## What needs to be done
Copy each line below containing "stringValue".

## Records to use
ghost use Rattle.std.specs.Prelude.{◌≡◌, IfOk, codes, false};
ghost use Rattle.std.specs.String.{string_bytes};
ghost use Rattle.serde_json.specs.View.{view, items_view, members_view};
ghost use Rattle.serde_json.specs.Data.{boolean as boolean_tree};
ghost use Rattle.serde_json.specs.Written.{has_float};
ghost use Rattle.document_keys.specs.Names.{name_text};
ghost use Rattle.value_model.specs.Data.{items_of, members_of};
ghost use Rattle.json_model.specs.Trees.{one, empty};
ghost use Rattle.json_model.specs.Printed.{printed_null, printed_text, printed_value, printed_items, printed_members, printed_fields, values_tree, fields_tree};
ghost use Rattle.json_model.specs.References.{root_of};

use crate::bytes::print_bytes;
use document_keys::{Database, NoMemory};
use serde_json::{Map, Value as Json, json};
use std::alloc::{AllocError, Global};
use value_model::{Fields, Kind, RefName, Value};

fn null_json(alloc: Global) -> Result<Json, AllocError>
    ensures { IfOk result (λ json. view json ≡ printed_null) }
{
    json!(in alloc; {"nullValue": null})
}

fn boolean_json(alloc: Global, is: bool) -> Result<Json, AllocError>
    ensures { IfOk result (λ json. view json ≡ one (codes "booleanValue") (boolean_tree is)) }
{
    json!(in alloc; {"booleanValue": is})
}

fn integer_json(alloc: Global, text: &str) -> Result<Json, AllocError>
    ensures { IfOk result (λ json. view json ≡ printed_text (codes "integerValue") text.now) }
{
    json!(in alloc; {"integerValue": text})
}

fn time_json(alloc: Global, text: &str) -> Result<Json, AllocError>
    ensures { IfOk result (λ json. view json ≡ printed_text (codes "timestampValue") text.now) }
{
    json!(in alloc; {"timestampValue": text})
}

fn text_json(alloc: Global, text: &str) -> Result<Json, AllocError>
    ensures { IfOk result (λ json. view json ≡ printed_text (codes "stringValue") text.now) }
{
    json!(in alloc; {"stringValue": text})
}

fn bytes_json(alloc: Global, text: &str) -> Result<Json, AllocError>
    ensures { IfOk result (λ json. view json ≡ printed_text (codes "bytesValue") text.now) }
{
    json!(in alloc; {"bytesValue": text})
}

fn reference_json(alloc: Global, text: &str) -> Result<Json, AllocError>
    ensures { IfOk result (λ json. view json ≡ printed_text (codes "referenceValue") text.now) }
{
    json!(in alloc; {"referenceValue": text})
}

fn empty_array_json(alloc: Global) -> Result<Json, AllocError>
    ensures { IfOk result (λ json. view json ≡ one (codes "arrayValue") empty) }
{
    json!(in alloc; {"arrayValue": {}})
}

fn full_array_json(alloc: Global, values: Json) -> Result<Json, AllocError>
    ensures { IfOk result (λ json. view json
        ≡ one (codes "arrayValue") (one (codes "values") (view values))) }
{
    json!(in alloc; {"arrayValue": {"values": values}})
}

#[tactic(auto, using(crate::proofs::Shown::full_array))]
fn array_json(alloc: Global, values: Vec<Json>) -> Result<Json, AllocError>
    ensures { IfOk result (λ json. view json
        ≡ one (codes "arrayValue") (values_tree (items_view values.items))) }
{
    if values.is_empty() {
        return empty_array_json(alloc);
    }
    full_array_json(alloc, Json::Array(values))
}

fn empty_map_json(alloc: Global) -> Result<Json, AllocError>
    ensures { IfOk result (λ json. view json ≡ one (codes "mapValue") empty) }
{
    json!(in alloc; {"mapValue": {}})
}

fn full_map_json(alloc: Global, fields: Json) -> Result<Json, AllocError>
    ensures { IfOk result (λ json. view json ≡ one (codes "mapValue") (one (codes "fields") (view fields))) }
{
    json!(in alloc; {"mapValue": {"fields": fields}})
}

#[tactic(auto, using(crate::proofs::Shown::full_map))]
fn map_json(alloc: Global, fields: Map<String, Json>) -> Result<Json, AllocError>
    ensures { IfOk result (λ json. view json
        ≡ one (codes "mapValue") (fields_tree (members_view fields.entries))) }
{
    if fields.is_empty() {
        return empty_map_json(alloc);
    }
    full_map_json(alloc, Json::Object(fields))
}

/// The text of a reference: the name of its document under its database.
///
/// # Errors
/// `NoMemory`
pub fn reference_text(alloc: Global, name: &RefName) -> Result<String, NoMemory>
    ensures { IfOk result (λ text. string_bytes text ≡ name_text (root_of name.now) name.now.key) }
{
    let project = name.project.copy(alloc)?;
    let database = name.database.copy(alloc)?;
    let root = Database::from_segments(alloc, project, database)?;
    name.key.print(alloc, &root)
}

/// The tree of a value: the one printed form of it. A time that isn't known yet prints as null.
///
/// # Errors
/// `NoMemory`
#[cycle(print)]
pub fn print_value(alloc: Global, value: &Value) -> Result<Json, NoMemory>
    ensures { IfOk result (λ json. view json ≡ printed_value value.now) }
{
    match &value.kind {
        Kind::Null => Ok(null_json(alloc)?),
        Kind::Boolean(is) => Ok(boolean_json(alloc, *is)?),
        Kind::Integer(number) => {
            let text = number.to_string(alloc)?;
            Ok(integer_json(alloc, text.as_str())?)
        }
        Kind::Time(time) => {
            let text = time.print(alloc)?;
            Ok(time_json(alloc, text.as_str())?)
        }
        Kind::Pending(_) => Ok(null_json(alloc)?),
        Kind::Text(text) => Ok(text_json(alloc, text.as_str())?),
        Kind::Bytes(bytes) => {
            let text = print_bytes(alloc, bytes.as_slice())?;
            Ok(bytes_json(alloc, text.as_str())?)
        }
        Kind::Reference(name) => {
            let text = reference_text(alloc, name)?;
            Ok(reference_json(alloc, text.as_str())?)
        }
        Kind::Array(values) => {
            let values = print_values(alloc, values.as_slice())?;
            Ok(array_json(alloc, values)?)
        }
        Kind::Map(fields) => {
            let fields = print_members(alloc, fields.as_fields())?;
            Ok(map_json(alloc, fields)?)
        }
    }
}

#[tactic(auto, using(crate::proofs::Shown::items_more, value_model::proofs::Sizes::item_below))]
#[cycle(print)]
fn print_values(alloc: Global, values: &[Value]) -> Result<Vec<Json>, NoMemory>
    ensures { IfOk result (λ trees. items_view trees.items ≡ printed_items (items_of values.now)) }
{
    let mut trees = Vec::new(alloc);
    for value in values {
        trees.push(print_value(alloc, value)?)?;
    }
    Ok(trees)
}

#[tactic(auto, using(crate::proofs::Shown::members_more, crate::proofs::Shown::field_below))]
#[cycle(print)]
fn print_members(alloc: Global, fields: &Fields) -> Result<Map<String, Json>, NoMemory>
    ensures { IfOk result (λ members. members_view members.entries
        ≡ printed_members (members_of fields.now)) }
{
    let mut members = Map::new(alloc);
    for field in fields.as_slice() {
        let name = String::from_str(alloc, field.name.as_str())?;
        members.insert(name, print_value(alloc, &field.value)?)?;
    }
    Ok(members)
}

/// The tree of fields: an object with the printed value of each under its name. It has no floats.
///
/// # Errors
/// `NoMemory`
pub fn print_fields(alloc: Global, fields: &Fields) -> Result<Json, NoMemory>
    ensures tree { IfOk result (λ json. view json ≡ printed_fields fields.now) }
    ensures digits { IfOk result (λ json. has_float (view json) ≡ false) }
{
    let members = print_members(alloc, fields)?;
    Ok(Json::Object(members))
}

## Solution to this exercise
    ensures { IfOk result (λ json. view json ≡ printed_text (codes "stringValue") text.now) }
    json!(in alloc; {"stringValue": text})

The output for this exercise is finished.